I hope you’re doing well since the last time we’ve spoken years ago. I hope and pray you get everything your heart desires, except for the things that don’t agree with the Word of God because I hope to see you in Heaven one day. I know your ‘now-friends’ support you in all areas and I’m really happy you’ve found people that compliment you more than I ever could. I hope they guide you well down the paths and journeys that await you. I bet you’re wondering why I wrote you. Let me explain…
I want to apologize for not understanding enough or agreeing enough. I want to apologize for not listening enough and talking too much. I want to apologize for encouraging a lifestyle that probably hurts you more than it helps you. I want to apologize for adding to the list of people that forgot about you. I want to apologize for not praying for you like real friends should. An apology to those moments that I could have really helped had I known who I really was. But because we were both so lost, we remained blind.

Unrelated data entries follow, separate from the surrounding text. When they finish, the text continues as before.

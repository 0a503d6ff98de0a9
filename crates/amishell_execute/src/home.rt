//! Where this process was started.

use crate::faults::Fault;
use crate::launcher::Start;
use ados_launcher::StartFolder;
use execute_options::OptionsFault;
use std::env;
use std::rt::Env;

/// The directory in which this process was started, which stays its current one.
#[derive(Drop)]
pub struct Home {
    path: String,
}

impl Home {
    /// This process's current directory. `CannotRead` if it has no path.
    pub fn new<R: Env + AllocGlobal>(rt: &R) -> Result<Home, Fault> {
        let Ok(home) = env::current_dir(rt) else {
            return Err(Fault::from(OptionsFault::without_reason(rt.alloc(), ".")));
        };
        Ok(Home {
            path: String::from_str(rt.alloc(), home.as_path().as_str())?,
        })
    }

    /// The start of a program in a folder. A path with a slash leads to a program from here.
    pub fn start(&self, folder: String) -> Result<Start, Fault> {
        Ok(Start::Folder(StartFolder {
            path: folder,
            home: self.path.clone()?,
        }))
    }
}
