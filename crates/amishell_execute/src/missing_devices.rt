//! The devices that the scripts of `--check` find: those that the Shell has at its start, and those that options and lines give.

use crate::called::found_place;
use ados_check::{Finding, Problem, assigned_devices};
use ados_find::{Shared, place_of};
use ados_ram::Place;
use ados_resident::{Dialect, Hosts};
use ados_text::{NoMemory, Text, same_name};
use ados_transfer::parted;
use execute_options::Options;
use std::alloc::Global;
use std::rt::Files;

/// The devices that are known, apart from what a script itself does before a line.
#[derive(Drop)]
pub struct Devices {
    alloc: Global,
    dialect: Dialect,
    // The Shell as it starts.
    start: Shared,
    // Those that options and lines give.
    given: Vec<Given>,
    // Folders are shared.
    has_shares: bool,
}

// A device that is given.
#[derive(Drop)]
struct Given {
    name: Text,
    // It is only known in scripts that are called: a script of the command line gives it, which may call them.
    is_of_caller: bool,
}

impl Given {
    // It is the device of this name, and is known in a script, which is one of the command line or called.
    fn is_for(&self, name: &Text, is_given: bool) -> bool {
        !(is_given && self.is_of_caller) && same_name(self.name.as_bytes(), name.as_bytes())
    }
}

impl Devices {
    /// Those of a run with these options, before a line of these scripts is taken.
    pub fn of<R: AllocGlobal + Files>(
        rt: &R,
        options: &Options<'_>,
        typed: &[Text],
    ) -> Result<Devices, NoMemory> {
        let alloc = rt.alloc();
        let mut devices = Devices {
            alloc,
            dialect: options.dialect,
            start: Shared::first(alloc, options.dialect, Hosts::of(alloc, &[])?)?,
            given: Vec::new(alloc),
            has_shares: !options.share.is_empty(),
        };
        for words in &options.share {
            devices.add_share(rt, words)?;
        }
        devices.add(typed, false)?;
        Ok(devices)
    }

    // Adds that of a share, if it has one of its own.
    fn add_share<R: AllocGlobal + Files>(&mut self, rt: &R, words: &str) -> Result<(), NoMemory> {
        if let Some(path) = parted(rt, words).1
            && let Some((name, _)) = path.split_once(':')
        {
            let name = Text::from_bytes(self.alloc, name.as_bytes())?;
            self.given.push(Given {
                name,
                is_of_caller: false,
            })?;
        }
        Ok(())
    }

    /// Adds those that lines assign or ask for; if `is_of_caller` only for scripts that are called.
    pub fn add(&mut self, lines: &[Text], is_of_caller: bool) -> Result<(), NoMemory> {
        for name in assigned_devices(self.alloc, self.dialect, lines)? {
            self.given.push(Given { name, is_of_caller })?;
        }
        Ok(())
    }

    /// Only devices that nobody has are missed by these findings in a script, which is one of the command line or called.
    pub fn has(&self, finding: &Finding, is_given: bool) -> Result<bool, NoMemory> {
        let Problem::NoDevice(name) = &finding.problem else {
            return Ok(false);
        };
        if name.as_bytes().is_empty() {
            // The top of `RAM:` is there, but may not be what is meant.
            return Ok(!self.has_shares);
        }
        if self.given.iter().any(|one| one.is_for(name, is_given)) {
            return Ok(true);
        }
        self.is_at_start(name)
    }

    // The Shell has the device at its start.
    fn is_at_start(&self, name: &Text) -> Result<bool, NoMemory> {
        if name.is("NIL") {
            return Ok(true);
        }
        let mut path = name.copy()?;
        path.push(b':')?;
        let root = Place::root(self.alloc);
        Ok(found_place(place_of(self.alloc, &self.start, &root, &path))?.is_some())
    }
}
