//! What follows when the script has ended: its files come to this machine, and what is to be said of it is said.

use crate::faults::Fault;
use crate::losses::{Kept, tell_losses};
use crate::origins::Origins;
use crate::outcome::{Taking, hand_out};
use crate::settle;
use crate::share::Share;
use crate::stands::status_after;
use crate::status::Status;
use ados_launch::End;
use ados_text::Code;
use ados_transfer::taken_place;
use ados_world::World;
use execute_options::Options;
use std::io::Eprint;
use std::rt::Files;
use std::time::{Clock, SystemTime};

/// What a run leaves to its end.
#[derive(Drop)]
pub struct Ending<'a> {
    /// What is asked for.
    pub options: &'a Options<'a>,
    /// When the run began, if that is known.
    pub begun: Option<SystemTime>,
    /// By which paths the scripts are named.
    pub origins: &'a Origins<'a>,
    /// The files that are not gone with the Shell's.
    pub kept: Kept<'a>,
}

impl Ending<'_> {
    /// Brings the shared folders up to date, takes what is asked for, says how the script ended and which files are gone, and gives the
    /// exit status of the run.
    pub fn finish<R: AllocGlobal + Files + Eprint + Clone + Drop + Clock>(
        mut self,
        rt: &R,
        world: &World,
        share: &mut Option<Share>,
        ended: Result<End, Fault>,
    ) -> Result<Status, Fault> {
        let taking = Taking::after(&ended, self.begun);
        let outcome = hand_out(rt, self.options, world, share.as_mut(), taking)?;
        let code = ended.as_ref().ok().map(|end| end.code);
        let status = settle(
            rt,
            status_after(rt, self.options, world, self.origins, ended),
        );
        if !self.options.quiet {
            self.tell_gone(rt, world, share.as_ref(), code)?;
        }
        outcome.status(rt, code, status)
    }

    // Tells which files are gone: none that is shared or taken, and none in T: after a script that went well.
    fn tell_gone<R: AllocGlobal + Eprint>(
        &mut self,
        rt: &R,
        world: &World,
        share: Option<&Share>,
        code: Option<Code>,
    ) -> Result<(), Fault> {
        if code.is_some_and(|code| code.0 < Code::ERROR.0) {
            self.kept.add_temporary(rt.alloc())?;
        }
        if let Some(share) = share {
            for volume in share.volumes() {
                self.kept.add(&volume.place)?;
            }
        }
        for words in &self.options.take {
            if let Some(place) = taken_place(rt.alloc(), world.files(), world.assigns(), words)? {
                self.kept.add(&place)?;
            }
        }
        tell_losses(rt, world.files(), &self.kept)
    }
}
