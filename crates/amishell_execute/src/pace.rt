//! How often a shared folder is brought up to date while the script goes on.
ghost use Rattle.std.specs.Prelude.{◌≡◌, ◌+◌, ◌-◌, ◌^◌, false, min, true};
ghost use Rattle.amishell_execute.specs.{Pace.{is_due_at_once, is_long_after, may_be_due, may_differ}, declared.due.Due.TheVariants.{Turn}};

use crate::due::Due;
use std::time::{Clock, Instant};

// The clock is read after each of this many events that may change files.
const LOOK: u32 = 64;

// An update is due before each of this many reads after a program's start, if files may have changed. A program that prints more often
// does not let wait long.
const READS: u32 = 100;

// If the last update is this many nanoseconds ago, the next one is due. An update of a full directory takes half a millisecond.
const PAUSE: u128 = 100_000_000;

/// What happened since the last update.
#[derive(Clone, Copy)]
pub struct Pace {
    // How many events may have changed files.
    events: u32,
    // When the update was; unknown if the clock cannot be read.
    updated: Option<Instant>,
    // How many pieces of output were read since a program started last.
    reads: u32,
}

impl Pace {
    /// An update was made just now.
    pub fn new<R: Clock>(rt: &R) -> Pace
        ensures { may_differ result ≡ false }
    {
        Pace {
            events: 0,
            updated: Instant::now(rt).ok(),
            reads: 0,
        }
    }

    /// An update was made just now.
    pub fn update<R: Clock>(&mut self, rt: &R)
        ensures { may_differ self.new ≡ false }
    {
        *self = Pace {
            reads: self.reads,
            ..Pace::new(rt)
        };
    }

    /// Whether an update is due before an event that asks for this, besides the one that each start has. If files may have changed, it is
    /// before anything that may wait long: a line of standard input, the end of a program, and a read of its output.
    pub fn is_due<R: Clock>(&mut self, rt: &R, due: Due) -> bool
        ensures at_once { is_due_at_once self.old due ≡ true → result ≡ true }
        ensures late { result ≡ true → may_be_due self.old due ≡ true }
        // After an event that may change files they may differ.
        ensures turn { due ≡ Turn → may_differ self.new ≡ true }
    {
        match due {
            Due::Start(_) => {
                self.reads = 0;
                false
            }
            Due::Wait(_) | Due::Input => self.events > 0,
            Due::Read => {
                self.reads = self.reads.saturating_add(1);
                self.events > 0 && (self.reads <= READS || self.is_late(rt))
            }
            Due::Turn => self.pass(rt),
        }
    }

    /// Before an event that may change files an update may be due.
    pub fn may_be_due(&self) -> bool
        ensures { result ≡ may_be_due self.now Turn }
    {
        self.events > 0 && self.events % LOOK == 0
    }

    // Counts an event that may change files, and gives whether an update is due before it.
    fn pass<R: Clock>(&mut self, rt: &R) -> bool
        ensures late { result ≡ true → may_be_due self.old Turn ≡ true }
        ensures events { self.new.events ≡ min (self.old.events + 1) (2 ^ 32 - 1) }
    {
        let is_due = self.may_be_due() && self.is_late(rt);
        self.events = self.events.saturating_add(1);
        is_due
    }

    // The last update is long ago.
    fn is_late<R: Clock>(&self, rt: &R) -> bool {
        match (self.updated, Instant::now(rt)) {
            (Some(updated), Ok(now)) => is_long_after(now, updated),
            _ => false,
        }
    }
}

// A moment is long after another.
fn is_long_after(later: Instant, earlier: Instant) -> bool
    ensures { result ≡ is_long_after later earlier }
{
    later.duration_since(earlier).as_nanos() >= PAUSE
}
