//! `--check`: scripts are looked at, and those that they call, and nothing runs.

use crate::called::{Called, Found, called_bytes};
use crate::faults::Fault;
use crate::given_script::{given_bytes, mend};
use crate::inspection_lines::{Lines, ScriptReport, typed_lines};
use crate::missing_devices::Devices;
use crate::refusals::is_struck;
use crate::status::Status;
use crate::top_paths::push_top;
use ados_check::{Finding, Problem, inspect, merge_returns, new_devices};
use ados_text::{NoMemory, Text, lines_of};
use ados_trace::escaped;
use ados_transfer::TransferFault;
use execute_options::Options;
use std::alloc::Global;
use std::fs;
use std::rt::{Env, Files};
use std::time::Clock;

// At most this many scripts are looked at.
const SCRIPTS: usize = 1024;

// The scripts that are looked at, and what is known of others.
#[derive(Drop)]
struct Inspector<'a> {
    options: &'a Options<'a>,
    called: Called<'a>,
    // The lines that are typed before a script.
    typed: Vec<Text>,
    // Those that were found so far.
    scripts: Vec<Script>,
    // The devices that they find.
    devices: Devices,
    // What was found in them, which is told at the end: a script that is called may assign a device for its caller.
    reports: Vec<ScriptReport>,
}

// A script that is looked at.
#[derive(Drop)]
struct Script {
    path: String,
    // The path without links.
    whole: String,
    // It is one of the command line, which is mended before it runs; another one is called, and stays as it is. A file may be both.
    is_given: bool,
}

/// Writes a line on standard output for each thing that is found in the scripts of the command line and in those that they call;
/// gives `Wrong` if there is an error, otherwise `Done`.
pub fn inspect_all<R: Env + AllocGlobal + Files + Print + Clone + Drop + Clock>(
    rt: &R,
    options: &Options<'_>,
) -> Result<Status, Fault> {
    let mut inspector = Inspector::of(rt, options)?;
    inspector.inspect(rt)
}

impl<'a> Inspector<'a> {
    // One that has looked at nothing.
    fn of<R: Env + AllocGlobal + Files + Clone + Drop + Clock>(
        rt: &R,
        options: &'a Options<'a>,
    ) -> Result<Inspector<'a>, Fault> {
        let called = Called::of(rt, options)?;
        let typed = typed_lines(rt.alloc(), options)?;
        let devices = Devices::of(rt, options, &typed)?;
        Ok(Inspector {
            options,
            called,
            typed,
            scripts: Vec::new(rt.alloc()),
            devices,
            reports: Vec::new(rt.alloc()),
        })
    }

    // Looks at all scripts, and tells what was found, also in those before one that can't be read; `Wrong` if there is an error.
    fn inspect<R: AllocGlobal + Files + Print + Clone + Drop>(
        &mut self,
        rt: &R,
    ) -> Result<Status, Fault> {
        self.add_given(rt)?;
        let looked = self.look_at_all(rt);
        let status = self.tell_all(rt)?;
        looked?;
        Ok(status)
    }

    // The scripts of the command line are looked at.
    fn add_given<R: AllocGlobal + Files>(&mut self, rt: &R) -> Result<(), Fault> {
        let options = self.options;
        self.add(rt, options.script, true)?;
        for path in &options.args {
            self.add(rt, path, true)?;
        }
        Ok(())
    }

    // Tells what was found; `Wrong` if there is an error.
    fn tell_all<R: AllocGlobal + Print>(&self, rt: &R) -> Result<Status, Fault> {
        let mut lines = Lines::of(rt.alloc(), self.options, &self.typed, &self.devices);
        lines.tell_all(rt, &self.reports)
    }

    // Looks at all scripts, and at those that they call.
    fn look_at_all<R: AllocGlobal + Files + Clone + Drop>(&mut self, rt: &R) -> Result<(), Fault> {
        for place in 0..SCRIPTS {
            let Some(script) = self.scripts.get(place) else {
                break;
            };
            let is_given = script.is_given;
            let path = String::from_str(rt.alloc(), script.path.as_str())?;
            self.look_at(rt, path, is_given)?;
        }
        Ok(())
    }

    // A script at this path is looked at too, once as one of the command line and once as one that is called.
    fn add<R: AllocGlobal + Files>(
        &mut self,
        rt: &R,
        path: &str,
        is_given: bool,
    ) -> Result<(), Fault> {
        let whole = match fs::canonicalize(rt, path) {
            Ok(whole) => String::from_str(rt.alloc(), whole.as_path().as_str())?,
            Err(_) => String::from_str(rt.alloc(), path)?,
        };
        let is_there = self.scripts.iter().any(|script| script.is_given == is_given
            && script.whole == whole);
        if !is_there {
            let path = String::from_str(rt.alloc(), path)?;
            self.scripts.push(Script {
                path,
                whole,
                is_given,
            })?;
        }
        Ok(())
    }

    // Looks at a script, if it can be read.
    fn look_at<R: AllocGlobal + Files + Clone + Drop>(
        &mut self,
        rt: &R,
        path: String,
        is_given: bool,
    ) -> Result<(), Fault> {
        let Some(found) = self.findings(rt, path.as_str(), is_given)? else {
            return Ok(());
        };
        let may_strike = is_given && is_struck(&found);
        let caller = is_given.then_some(path.as_str());
        let found = self.missed(rt, found, caller)?;
        self.reports.push(ScriptReport {
            path,
            is_given,
            may_strike,
            unread: None,
            found,
        })?;
        Ok(())
    }

    // What is found in a script, if it can be read.
    fn findings<R: AllocGlobal + Files>(
        &mut self,
        rt: &R,
        path: &str,
        is_given: bool,
    ) -> Result<Option<Vec<Finding>>, Fault> {
        let Some(mut script) = self.script_at(rt, path, is_given)? else {
            return Ok(None);
        };
        let mut found = if is_given {
            mend(rt.alloc(), self.options, &mut script)?
        } else {
            Vec::new(rt.alloc())
        };
        self.push_problems(rt.alloc(), &script, is_given, &mut found)?;
        Ok(Some(found))
    }

    // Those of the findings that miss nothing which is there after all; what they call is looked at too.
    fn missed<R: AllocGlobal + Files + Clone + Drop>(
        &mut self,
        rt: &R,
        found: Vec<Finding>,
        caller: Option<&str>,
    ) -> Result<Vec<Finding>, Fault> {
        let mut missed = Vec::new(rt.alloc());
        for finding in found {
            if !self.is_known(rt, &finding.problem, caller)? {
                missed.push(finding)?;
            }
        }
        Ok(missed)
    }

    // Adds what is found in the lines of a script, in their order.
    fn push_problems(
        &mut self,
        alloc: Global,
        script: &[u8],
        is_given: bool,
        found: &mut Vec<Finding>,
    ) -> Result<(), NoMemory> {
        for finding in inspect(alloc, self.options.dialect, &self.typed, script)? {
            found.push(finding)?;
        }
        self.push_devices(alloc, script, is_given, found)?;
        merge_returns(found);
        found.sort_by(|a, b| a.line.cmp(&b.line))?;
        Ok(())
    }

    // Adds the devices that nobody may have, and a path that begins with a colon; the devices that its lines assign are known from then on.
    fn push_devices(
        &mut self,
        alloc: Global,
        script: &[u8],
        is_given: bool,
        found: &mut Vec<Finding>,
    ) -> Result<(), NoMemory> {
        let lines = lines_of(alloc, script)?;
        self.devices.add(lines.as_slice(), is_given)?;
        for finding in new_devices(alloc, self.options.dialect, lines.as_slice())? {
            found.push(finding)?;
        }
        if !self.options.share.is_empty() {
            push_top(alloc, self.options.dialect, lines.as_slice(), found)?;
        }
        Ok(())
    }

    // A script as the Shell has it: a carriage return at the end of a line is taken off those of the command line alone. One that is called
    // and can't be read is told of, and passed over.
    fn script_at<R: AllocGlobal + Files>(
        &mut self,
        rt: &R,
        path: &str,
        is_given: bool,
    ) -> Result<Option<Vec<u8>>, Fault> {
        let limits = self.options.mirror.limits;
        if is_given {
            return Ok(Some(given_bytes(rt, limits, path)?));
        }
        match called_bytes(rt, limits, path) {
            Ok(script) => Ok(Some(script)),
            Err(TransferFault::NoMemory) => Err(Fault::Memory),
            Err(fault) => {
                let line = format!(in rt.alloc(); "{path}:1: note: {fault}")?;
                self.reports.push(ScriptReport {
                    path: String::from_str(rt.alloc(), path)?,
                    is_given,
                    may_strike: false,
                    unread: Some(escaped(rt.alloc(), &line)?),
                    found: Vec::new(rt.alloc()),
                })?;
                Ok(None)
            }
        }
    }

    // What a problem misses is there after all; a script is looked at then. `caller` is the script's path if it is one of the command line.
    fn is_known<R: AllocGlobal + Files + Clone + Drop>(
        &mut self,
        rt: &R,
        problem: &Problem,
        caller: Option<&str>,
    ) -> Result<bool, Fault> {
        let found = match problem {
            Problem::UnknownCommand(word) => self.called.find_command(rt, word)?,
            Problem::NoScript(name) => self.called.find_script(rt, name, caller)?,
            _ => Found::Nothing,
        };
        match found {
            Found::Script(path) => {
                self.add(rt, path.as_str(), false)?;
                Ok(true)
            }
            Found::Other => Ok(true),
            Found::Nothing => Ok(false),
        }
    }
}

Just to catch you, that guy you said would eventually ‘ask me out’ did. Took him nearly a year later to come to his senses! Unfortunately, we weren’t for each other… at all. Thanks for encouraging one of the most painful parts of my life because at the time it made me ‘happy’. But I’m not being sarcastic, I learned a lot after I realized I was worth more than just an early pick-up and late phone call. For the longest I was so hurt from feeling deceived, however, I was the one leading the deception. Once I got out, I actually got into some great things though. And thank you for trying to stay connected, but you unintentionally hurt me…
When you left out of my life, I knew it was over. It hurt because you were who I leaned on, literally my lifeline. When you left I gave up on friends and any friendship that had potential. I figured they would all end up leaving me. Just. Like. The. Rest. Just like you. While you pursued your heart’s desire, I secretly hoped the worst. In your pursuit of happiness, I found my inner hurt. And in that inner hurt, I found a piece of me I didn’t know existed. I found someone that didn’t know who they were. I found a hurt little girl that had been in pain for years but didn’t realize it because she had been living on other’s happiness.
When I lost you, I finally started looking for myself. I no longer needed. I didn’t need reassurance or validation. I didn’t need someone to tell me ‘yes’ or ‘no’. I didn’t need a laugh or a drink. In fact, I didn’t need anyone nor did I want anyone. But one. The One. See, I allowed you to fill a void that someone else was suppose to fill. When I finally met them, I truly met myself. My worth. And oh, it was worth it! When I lost you, I found Him. And I soon came to the realization that He was all I needed.
So thank you, for leaving. Thank you for looking back to see if I was still alive. Thank you for never judging me and supporting me when I should not have been supported. Thank you for not hiding the real you. Thank you for telling me when I didn’t quite match and my pants had one too may wrinkles in them. Thank you for not hating me for finding the true me. Thank you being there when not a lot of other people were. Thank you for being a friend when I needed one the most. But most of all, thank you for being my ex-bestfriend. Had you still been my bestfriend, I may have never discovered who I really am… Or more importantly, who He really is.